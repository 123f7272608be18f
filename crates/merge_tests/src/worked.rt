//! Merges into rows of two longs whose outcomes are worked out by hand.
use crate::pairs::{Answer, Case, Clauses, Matched, Other, Pair, Why, comes_to};
use row_base::RowFault;
use std::alloc::Global;
use std::test::Fail;

/// The rows of the source, those of the two files, and what a merge comes to.
type Sample = (
    &'static [Pair],
    &'static [Pair],
    &'static [Pair],
    Answer<'static>,
);

/// Whether merges with these clauses come to what the samples say.
fn all_come(alloc: Global, clauses: Clauses, nulls: bool, samples: &[Sample]) -> bool {
    for (source, first, second, answer) in samples {
        let case = Case {
            clauses,
            source,
            first,
            second,
            nulls,
        };
        if !comes_to(alloc, &case, *answer) {
            return false;
        }
    }
    true
}

const MOST: i64 = i64::MAX;

/// `when matched then update set v = source.v`
const TAKES_ALONE: [Sample; 1] = [
    // two rows of the source match one
    (
        &[(Some(1), Some(20)), (Some(1), Some(30))],
        &[(Some(1), Some(10))],
        &[],
        Answer::Fails(Why::Ambiguous, (Some(1), Some(10))),
    ),
];

/// `when matched then update set v = source.v when not matched then insert`
const TAKES: [Sample; 3] = [
    // two that match none are both added
    (
        &[(Some(4), Some(1)), (Some(4), Some(1))],
        &[(Some(1), Some(1))],
        &[],
        Answer::Rows(&[], &[(Some(4), Some(1)), (Some(4), Some(1))]),
    ),
    // a row that stays as it was is replaced
    (
        &[(Some(1), Some(10))],
        &[(Some(1), Some(10))],
        &[(Some(2), Some(20))],
        Answer::Rows(&["a"], &[(Some(1), Some(10))]),
    ),
    (
        &[(Some(2), Some(8)), (Some(1), Some(9))],
        &[(Some(1), Some(1))],
        &[(Some(2), Some(2)), (Some(3), Some(3))],
        Answer::Rows(
            &["a", "b"],
            &[(Some(1), Some(9)), (Some(2), Some(8)), (Some(3), Some(3))],
        ),
    ),
];

/// `when not matched then insert`
const INSERTS: [Sample; 3] = [
    (
        &[(Some(5), Some(1))],
        &[],
        &[],
        Answer::Rows(&[], &[(Some(5), Some(1))]),
    ),
    // no clause changes the row that two match
    (
        &[(Some(1), Some(20)), (Some(1), Some(30))],
        &[(Some(1), Some(10))],
        &[],
        Answer::Rows(&[], &[]),
    ),
    (
        &[(Some(1), Some(20)), (None, Some(2)), (Some(3), Some(30))],
        &[(None, Some(2))],
        &[(Some(1), Some(10))],
        Answer::Rows(&[], &[(None, Some(2)), (Some(3), Some(30))]),
    ),
];

/// `when matched then delete when not matched then insert when not matched by source and v > 25 then update set v = 0`
const ALL: [Sample; 2] = [
    (
        &[(Some(2), Some(21)), (Some(4), Some(40))],
        &[
            (Some(1), Some(10)),
            (Some(2), Some(20)),
            (Some(3), Some(30)),
        ],
        &[],
        Answer::Rows(
            &["a"],
            &[(Some(1), Some(10)), (Some(3), Some(0)), (Some(4), Some(40))],
        ),
    ),
    // a null key matches nothing, and no null key of the source
    (
        &[(None, Some(2)), (None, Some(2))],
        &[(None, Some(26)), (Some(1), Some(1))],
        &[(None, Some(2))],
        Answer::Rows(
            &["a"],
            &[
                (None, Some(0)),
                (Some(1), Some(1)),
                (None, Some(2)),
                (None, Some(2)),
            ],
        ),
    ),
];

/// `when not matched by source and v > 5 then delete`; `v` may be null.
const OTHERS_GO: [Sample; 2] = [
    // a matched row is none of the others
    (
        &[(Some(2), Some(21))],
        &[(Some(1), Some(10)), (Some(2), Some(20))],
        &[(Some(2), Some(9))],
        Answer::Rows(&["a"], &[(Some(2), Some(20))]),
    ),
    // unknown is not yes
    (
        &[],
        &[(Some(1), None), (Some(2), Some(5)), (Some(3), Some(6))],
        &[(Some(4), None)],
        Answer::Rows(&["a"], &[(Some(1), None), (Some(2), Some(5))]),
    ),
];

/// `when matched then update set v = v + source.v`; `v` may be null.
const ADDS: [Sample; 4] = [
    (
        &[(Some(1), Some(5)), (Some(3), None)],
        &[(Some(1), Some(10)), (Some(2), Some(1)), (Some(3), Some(1))],
        &[],
        Answer::Rows(
            &["a"],
            &[(Some(1), Some(15)), (Some(2), Some(1)), (Some(3), None)],
        ),
    ),
    // the least row of all files is named
    (
        &[(Some(5), Some(1)), (Some(2), Some(1)), (Some(3), Some(1))],
        &[(Some(5), Some(MOST))],
        &[(Some(2), Some(MOST)), (Some(3), Some(1))],
        Answer::Fails(Why::Overflow, (Some(2), Some(MOST))),
    ),
    // an ambiguous row comes before a lesser one of which nothing comes
    (
        &[(Some(1), Some(1)), (Some(7), Some(1)), (Some(7), Some(2))],
        &[(Some(1), Some(MOST)), (Some(7), Some(8))],
        &[(Some(7), Some(6)), (Some(7), Some(7))],
        Answer::Fails(Why::Ambiguous, (Some(7), Some(6))),
    ),
    // also where it would overflow itself
    (
        &[(Some(7), Some(1)), (Some(7), Some(2))],
        &[(Some(7), Some(MOST))],
        &[],
        Answer::Fails(Why::Ambiguous, (Some(7), Some(MOST))),
    ),
];

const NULL: Why = Why::Row(RowFault::Null { column: 1 });

/// `when not matched by source and v > 0 then update set id = v + 1, v = id`; `v` may not be null.
const TURNS: [Sample; 5] = [
    // the expressions see the row as it was
    (
        &[],
        &[(Some(2), Some(3)), (Some(9), Some(0))],
        &[],
        Answer::Rows(&["a"], &[(Some(4), Some(2)), (Some(9), Some(0))]),
    ),
    (
        &[(Some(7), Some(7))],
        &[(None, Some(4)), (Some(2), Some(3))],
        &[(None, Some(3))],
        Answer::Fails(NULL, (None, Some(3))),
    ),
    // of one row an overflow comes first
    (
        &[],
        &[(None, Some(MOST))],
        &[],
        Answer::Fails(Why::Overflow, (None, Some(MOST))),
    ),
    // of several rows the least one does
    (
        &[],
        &[(None, Some(MOST)), (Some(1), Some(MOST))],
        &[(None, Some(7))],
        Answer::Fails(NULL, (None, Some(7))),
    ),
    // a row that the clause does not change has no fault
    (
        &[(Some(1), Some(1))],
        &[(Some(1), Some(MOST))],
        &[(None, Some(0))],
        Answer::Rows(&[], &[]),
    ),
];

/// The clauses of a merge, whether `v` may be null, and samples.
type Merge = (Matched, bool, Other, i64, bool, &'static [Sample]);

const MERGES: [Merge; 7] = [
    (Matched::Takes, false, Other::Stays, 0, false, &TAKES_ALONE),
    (Matched::Takes, true, Other::Stays, 0, false, &TAKES),
    (Matched::Stays, true, Other::Stays, 0, false, &INSERTS),
    (Matched::Goes, true, Other::Falls, 25, false, &ALL),
    (Matched::Stays, false, Other::Goes, 5, true, &OTHERS_GO),
    (Matched::Adds, false, Other::Stays, 0, true, &ADDS),
    (Matched::Stays, false, Other::Turns, 0, false, &TURNS),
];

#[test]
fn merges_come_to_what_was_worked_out(rt: HostRuntime) -> Result<(), Fail> {
    for (matched, insert, other, above, nulls, samples) in MERGES {
        let clauses = Clauses {
            matched,
            insert,
            other,
            above,
        };
        assert!(rt; all_come(rt.alloc(), clauses, nulls, samples));
    }
    Ok(())
}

• _Exercise description_
Copy the records exactly.

• _Result for this exercise_
repository 123f7272608be18f
filename crates/merge_tests/src/worked.rt
//! Merges into rows of two longs whose outcomes are worked out by hand.
use crate::pairs::{Answer, Case, Clauses, Matched, Other, Pair, Why, comes_to};
use row_base::RowFault;
use std::alloc::Global;
use std::test::Fail;

/// The rows of the source, those of the two files, and what a merge comes to.
type Sample = (
    &'static [Pair],
    &'static [Pair],
    &'static [Pair],
    Answer<'static>,
);

/// Whether merges with these clauses come to what the samples say.
fn all_come(alloc: Global, clauses: Clauses, nulls: bool, samples: &[Sample]) -> bool {
    for (source, first, second, answer) in samples {
        let case = Case {
            clauses,
            source,
            first,
            second,
            nulls,
        };
        if !comes_to(alloc, &case, *answer) {
            return false;
        }
    }
    true
}

const MOST: i64 = i64::MAX;

/// `when matched then update set v = source.v`
const TAKES_ALONE: [Sample; 1] = [
    // two rows of the source match one
    (
        &[(Some(1), Some(20)), (Some(1), Some(30))],
        &[(Some(1), Some(10))],
        &[],
        Answer::Fails(Why::Ambiguous, (Some(1), Some(10))),
    ),
];

/// `when matched then update set v = source.v when not matched then insert`
const TAKES: [Sample; 3] = [
    // two that match none are both added
    (
        &[(Some(4), Some(1)), (Some(4), Some(1))],
        &[(Some(1), Some(1))],
        &[],
        Answer::Rows(&[], &[(Some(4), Some(1)), (Some(4), Some(1))]),
    ),
    // a row that stays as it was is replaced
    (
        &[(Some(1), Some(10))],
        &[(Some(1), Some(10))],
        &[(Some(2), Some(20))],
        Answer::Rows(&["a"], &[(Some(1), Some(10))]),
    ),
    (
        &[(Some(2), Some(8)), (Some(1), Some(9))],
        &[(Some(1), Some(1))],
        &[(Some(2), Some(2)), (Some(3), Some(3))],
        Answer::Rows(
            &["a", "b"],
            &[(Some(1), Some(9)), (Some(2), Some(8)), (Some(3), Some(3))],
        ),
    ),
];

/// `when not matched then insert`
const INSERTS: [Sample; 3] = [
    (
        &[(Some(5), Some(1))],
        &[],
        &[],
        Answer::Rows(&[], &[(Some(5), Some(1))]),
    ),
    // no clause changes the row that two match
    (
        &[(Some(1), Some(20)), (Some(1), Some(30))],
        &[(Some(1), Some(10))],
        &[],
        Answer::Rows(&[], &[]),
    ),
    (
        &[(Some(1), Some(20)), (None, Some(2)), (Some(3), Some(30))],
        &[(None, Some(2))],
        &[(Some(1), Some(10))],
        Answer::Rows(&[], &[(None, Some(2)), (Some(3), Some(30))]),
    ),
];

/// `when matched then delete when not matched then insert when not matched by source and v > 25 then update set v = 0`
const ALL: [Sample; 2] = [
    (
        &[(Some(2), Some(21)), (Some(4), Some(40))],
        &[
            (Some(1), Some(10)),
            (Some(2), Some(20)),
            (Some(3), Some(30)),
        ],
        &[],
        Answer::Rows(
            &["a"],
            &[(Some(1), Some(10)), (Some(3), Some(0)), (Some(4), Some(40))],
        ),
    ),
    // a null key matches nothing, and no null key of the source
    (
        &[(None, Some(2)), (None, Some(2))],
        &[(None, Some(26)), (Some(1), Some(1))],
        &[(None, Some(2))],
        Answer::Rows(
            &["a"],
            &[
                (None, Some(0)),
                (Some(1), Some(1)),
                (None, Some(2)),
                (None, Some(2)),
            ],
        ),
    ),
];

/// `when not matched by source and v > 5 then delete`; `v` may be null.
const OTHERS_GO: [Sample; 2] = [
    // a matched row is none of the others
    (
        &[(Some(2), Some(21))],
        &[(Some(1), Some(10)), (Some(2), Some(20))],
        &[(Some(2), Some(9))],
        Answer::Rows(&["a"], &[(Some(2), Some(20))]),
    ),
    // unknown is not yes
    (
        &[],
        &[(Some(1), None), (Some(2), Some(5)), (Some(3), Some(6))],
        &[(Some(4), None)],
        Answer::Rows(&["a"], &[(Some(1), None), (Some(2), Some(5))]),
    ),
];

/// `when matched then update set v = v + source.v`; `v` may be null.
const ADDS: [Sample; 4] = [
    (
        &[(Some(1), Some(5)), (Some(3), None)],
        &[(Some(1), Some(10)), (Some(2), Some(1)), (Some(3), Some(1))],
        &[],
        Answer::Rows(
            &["a"],
            &[(Some(1), Some(15)), (Some(2), Some(1)), (Some(3), None)],
        ),
    ),
    // the least row of all files is named
    (
        &[(Some(5), Some(1)), (Some(2), Some(1)), (Some(3), Some(1))],
        &[(Some(5), Some(MOST))],
        &[(Some(2), Some(MOST)), (Some(3), Some(1))],
        Answer::Fails(Why::Overflow, (Some(2), Some(MOST))),
    ),
    // an ambiguous row comes before a lesser one of which nothing comes
    (
        &[(Some(1), Some(1)), (Some(7), Some(1)), (Some(7), Some(2))],
        &[(Some(1), Some(MOST)), (Some(7), Some(8))],
        &[(Some(7), Some(6)), (Some(7), Some(7))],
        Answer::Fails(Why::Ambiguous, (Some(7), Some(6))),
    ),
    // also where it would overflow itself
    (
        &[(Some(7), Some(1)), (Some(7), Some(2))],
        &[(Some(7), Some(MOST))],
        &[],
        Answer::Fails(Why::Ambiguous, (Some(7), Some(MOST))),
    ),
];

const NULL: Why = Why::Row(RowFault::Null { column: 1 });

/// `when not matched by source and v > 0 then update set id = v + 1, v = id`; `v` may not be null.
const TURNS: [Sample; 5] = [
    // the expressions see the row as it was
    (
        &[],
        &[(Some(2), Some(3)), (Some(9), Some(0))],
        &[],
        Answer::Rows(&["a"], &[(Some(4), Some(2)), (Some(9), Some(0))]),
    ),
    (
        &[(Some(7), Some(7))],
        &[(None, Some(4)), (Some(2), Some(3))],
        &[(None, Some(3))],
        Answer::Fails(NULL, (None, Some(3))),
    ),
    // of one row an overflow comes first
    (
        &[],
        &[(None, Some(MOST))],
        &[],
        Answer::Fails(Why::Overflow, (None, Some(MOST))),
    ),
    // of several rows the least one does
    (
        &[],
        &[(None, Some(MOST)), (Some(1), Some(MOST))],
        &[(None, Some(7))],
        Answer::Fails(NULL, (None, Some(7))),
    ),
    // a row that the clause does not change has no fault
    (
        &[(Some(1), Some(1))],
        &[(Some(1), Some(MOST))],
        &[(None, Some(0))],
        Answer::Rows(&[], &[]),
    ),
];

/// The clauses of a merge, whether `v` may be null, and samples.
type Merge = (Matched, bool, Other, i64, bool, &'static [Sample]);

const MERGES: [Merge; 7] = [
    (Matched::Takes, false, Other::Stays, 0, false, &TAKES_ALONE),
    (Matched::Takes, true, Other::Stays, 0, false, &TAKES),
    (Matched::Stays, true, Other::Stays, 0, false, &INSERTS),
    (Matched::Goes, true, Other::Falls, 25, false, &ALL),
    (Matched::Stays, false, Other::Goes, 5, true, &OTHERS_GO),
    (Matched::Adds, false, Other::Stays, 0, true, &ADDS),
    (Matched::Stays, false, Other::Turns, 0, false, &TURNS),
];

#[test]
fn merges_come_to_what_was_worked_out(rt: HostRuntime) -> Result<(), Fail> {
    for (matched, insert, other, above, nulls, samples) in MERGES {
        let clauses = Clauses {
            matched,
            insert,
            other,
            above,
        };
        assert!(rt; all_come(rt.alloc(), clauses, nulls, samples));
    }
    Ok(())
}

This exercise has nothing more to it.